/// A free slot outside the reserve: the lowest-numbered where it chooses by number.
pub(crate) fn free_slot(
    states: &[SlotState],
    blocks: &[BlockState],
    at: &mut Cursors,
) -> Option<u16>
    requires size { length states.now < 65536 }
    requires blocks { length blocks.now ≤ 4096 }
    requires states { length states.now ≡ 7 * length blocks.now }
    requires ahead { IsAhead blocks.now at.old }
    ensures found { (m : List ℕ) → IsIndexOf states.now blocks.now at.old m
        → MatchOption result (HasNoneFree at.old.reserve m) (λ w. IsGivable w m) }
    ensures first { (m : List ℕ) → IsIndexOf states.now blocks.now at.old m
        → IfSome result (λ w. HasNoneFreeBefore w m) }
    ensures number { IfSome result (λ w. w / 7 < length blocks.now) }
    ensures filled { at.old.policy ≡ policies.Level
        → IfSome result (λ w. at.new.newest ≡ w / 7) }
    ensures lowest { at.old.policy ≡ policies.Lowest → (m : List ℕ)
        → IsIndexOf states.now blocks.now at.old m → IfSome result (λ w. IsLowestFree w m) }
    ensures ahead { IsAhead blocks.now at.new }
    ensures reserve { at.new.reserve ≡ at.old.reserve }
    ensures policy { at.new.policy ≡ at.old.policy }
    ensures newest { (m : List ℕ) → IsIndexOf states.now blocks.now at.old m → result ≡ None
        → at.new.newest ≡ at.old.newest }
    ensures fills { at.old.policy ≡ policies.Level → (m : List ℕ)
        → IsIndexOf states.now blocks.now at.old m → IfSome result (λ w.
        FillsUp at.old.newest at.old.reserve (erases_of blocks.now) w m) }
{
    match block_with_free(blocks, at) {
        Some(block) => first_place(states, block),
        None => None,
    }
}

/// The lowest-numbered free slot of a block.
fn first_place(states: &[SlotState], block: u16) -> Option<u16>
    requires size { length states.now < 65536 }
    requires block { 7 * block + 7 ≤ length states.now }
    ensures found { MatchOption result (HasNoFreeState states.now block)
        (λ w. IsFirstFreeState states.now block w) }
{
    for place in 0..7u16 {
        let slot = 7 * block + place;
        if states[slot as usize] == SlotState::Free {
            return Some(slot);
        }
    }
    None
}
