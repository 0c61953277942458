//! The items of a client.
ghost use Rattle.std.specs.Prelude.{◌≡◌, ◌<◌, IfOk, map};
ghost use Rattle.serde_json.specs.View.{view};
ghost use Rattle.work_load.specs.Entries.{Tells};
ghost use Rattle.work_load.specs.Ranges.{IsItemOf, IsLoanOf};
ghost use Rattle.work_load.specs.ItemForms.{write, held, reserve, release, read, loan, lend, back, restart, item_named, item_of};

use crate::entries::{Counts, Entry};
use crate::fault::EntryFault;
use crate::forms::{named, op};
use crate::lists::{Row, rows};
use crate::plan::Item;
use crate::values::{both, natural, number_below};
use run_model::LoadKind;
use serde_json::Value;
use std::alloc::Global;
use tact_base::{AMOUNT_MAX, KEY_MAX, Needs, Weight, Weights};

impl Entry for Item {
    ghost read_after = { λ counts before. item_of counts.replicas counts.conits counts.replica };

    ghost fits = { λ counts before. IsItemOf counts.replicas counts.conits counts.replica };

    fn read_after(
        _alloc: Global,
        counts: Counts,
        _before: &[Self],
        value: &Value,
    ) -> Result<Self, EntryFault> {
        Ok(item_of(value, counts)?)
    }
}

#[tactic(auto, unfolding(crate::specs::ItemForms::item_of))]
fn item_of(value: &Value, counts: Counts) -> Result<Item, LoadKind>
    requires replicas { 0 < counts.replicas }
    requires conits { 0 < counts.conits }
    ensures within { IfOk result (IsItemOf counts.replicas counts.conits counts.replica) }
    ensures item { result ≡ item_of counts.replicas counts.conits counts.replica (view value.now) }
{
    let (name, fields) = named(value)?;
    item_named(name, fields, counts)
}

fn item_named(name: &str, fields: &[Value], counts: Counts) -> Result<Item, LoadKind>
    requires replicas { 0 < counts.replicas }
    requires conits { 0 < counts.conits }
    ensures within { IfOk result (IsItemOf counts.replicas counts.conits counts.replica) }
    ensures item { result ≡ item_named counts.replicas counts.conits counts.replica name.now (map view fields.now) }
{
    if name == "write" {
        write(fields, counts)
    } else if name == "held" {
        held(fields, counts)
    } else if name == "reserve" {
        reserve(fields, counts)
    } else if name == "release" {
        release(fields, counts)
    } else if name == "read" {
        read(fields, counts)
    } else if name == "lend" {
        lend(fields, counts)
    } else if name == "back" {
        back(fields, counts)
    } else if name == "restart" {
        restart(fields)
    } else {
        Err(LoadKind::Shape)
    }
}

fn write(fields: &[Value], counts: Counts) -> Result<Item, LoadKind>
    requires { 0 < counts.conits }
    ensures within { IfOk result (IsItemOf counts.replicas counts.conits counts.replica) }
    ensures item { result ≡ write counts.conits (map view fields.now) }
{
    let [op_value, list] = fields else {
        return Err(LoadKind::Shape);
    };
    let weights: Result<Weights, LoadKind> = rows(list, counts.conits);
    let (op, weights) = both(op(op_value), weights)?;
    Ok(Item::Write { weights, op })
}

fn held(fields: &[Value], counts: Counts) -> Result<Item, LoadKind>
    requires { 0 < counts.conits }
    ensures within { IfOk result (IsItemOf counts.replicas counts.conits counts.replica) }
    ensures item { result ≡ held counts.conits (map view fields.now) }
{
    let [op_value, row] = fields else {
        return Err(LoadKind::Shape);
    };
    let (op, weight) = both(op(op_value), Weight::read(row, counts.conits))?;
    Ok(Item::Held { weight, op })
}

fn reserve(fields: &[Value], counts: Counts) -> Result<Item, LoadKind>
    requires { 0 < counts.conits }
    ensures within { IfOk result (IsItemOf counts.replicas counts.conits counts.replica) }
    ensures item { result ≡ reserve counts.conits (map view fields.now) }
{
    let [conit, amount] = fields else {
        return Err(LoadKind::Shape);
    };
    let (conit, amount) = both(
        number_below(conit, counts.conits),
        natural(amount, 0, AMOUNT_MAX),
    )?;
    Ok(Item::Reserve { conit, amount })
}

fn release(fields: &[Value], counts: Counts) -> Result<Item, LoadKind>
    requires { 0 < counts.conits }
    ensures within { IfOk result (IsItemOf counts.replicas counts.conits counts.replica) }
    ensures item { result ≡ release counts.conits (map view fields.now) }
{
    let [conit] = fields else {
        return Err(LoadKind::Shape);
    };
    let conit = number_below(conit, counts.conits)?;
    Ok(Item::Release { conit })
}

fn read(fields: &[Value], counts: Counts) -> Result<Item, LoadKind>
    requires { 0 < counts.conits }
    ensures within { IfOk result (IsItemOf counts.replicas counts.conits counts.replica) }
    ensures item { result ≡ read counts.conits (map view fields.now) }
{
    let [key, list] = fields else {
        return Err(LoadKind::Shape);
    };
    let needs: Result<Needs, LoadKind> = rows(list, counts.conits);
    let (key, needs) = both(natural(key, 0, KEY_MAX), needs)?;
    Ok(Item::Read { key, needs })
}

// Another replica, a conit and an amount.
fn loan(fields: &[Value], counts: Counts) -> Result<(u32, (u32, u64)), LoadKind>
    requires replicas { 0 < counts.replicas }
    requires conits { 0 < counts.conits }
    ensures within { IfOk result (λ loan. IsLoanOf counts.replicas counts.conits counts.replica loan.0 loan.1.0 loan.1.1) }
    ensures loan { result ≡ loan counts.replicas counts.conits counts.replica (map view fields.now) }
{
    let [other, conit, amount] = fields else {
        return Err(LoadKind::Shape);
    };
    let amount = natural(amount, 0, AMOUNT_MAX);
    let sum = both(number_below(conit, counts.conits), amount);
    let (other, sum) = both(number_below(other, counts.replicas), sum)?;
    if other == counts.replica {
        return Err(LoadKind::Same);
    }
    Ok((other, sum))
}

#[tactic(auto, unfolding(crate::specs::ItemForms::lend))]
fn lend(fields: &[Value], counts: Counts) -> Result<Item, LoadKind>
    requires replicas { 0 < counts.replicas }
    requires conits { 0 < counts.conits }
    ensures within { IfOk result (IsItemOf counts.replicas counts.conits counts.replica) }
    ensures item { result ≡ lend counts.replicas counts.conits counts.replica (map view fields.now) }
{
    let (holder, (conit, amount)) = loan(fields, counts)?;
    Ok(Item::Lend {
        holder,
        conit,
        amount,
    })
}

#[tactic(auto, unfolding(crate::specs::ItemForms::back))]
fn back(fields: &[Value], counts: Counts) -> Result<Item, LoadKind>
    requires replicas { 0 < counts.replicas }
    requires conits { 0 < counts.conits }
    ensures within { IfOk result (IsItemOf counts.replicas counts.conits counts.replica) }
    ensures item { result ≡ back counts.replicas counts.conits counts.replica (map view fields.now) }
{
    let (owner, (conit, amount)) = loan(fields, counts)?;
    Ok(Item::Back {
        owner,
        conit,
        amount,
    })
}

fn restart(fields: &[Value]) -> Result<Item, LoadKind>
    ensures { result ≡ restart (map view fields.now) }
{
    if fields.is_empty() {
        Ok(Item::Restart)
    } else {
        Err(LoadKind::Shape)
    }
}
◇ ◇ ◇ ◇ ◇ ◇ ◇
What needs to be done: Find each line in the records above that contains "IfSome", and copy it.

Finished exercise:
        → IfSome result (λ w. HasNoneFreeBefore w m) }
    ensures number { IfSome result (λ w. w / 7 < length blocks.now) }
        → IfSome result (λ w. at.new.newest ≡ w / 7) }
        → IsIndexOf states.now blocks.now at.old m → IfSome result (λ w. IsLowestFree w m) }
        → IsIndexOf states.now blocks.now at.old m → IfSome result (λ w.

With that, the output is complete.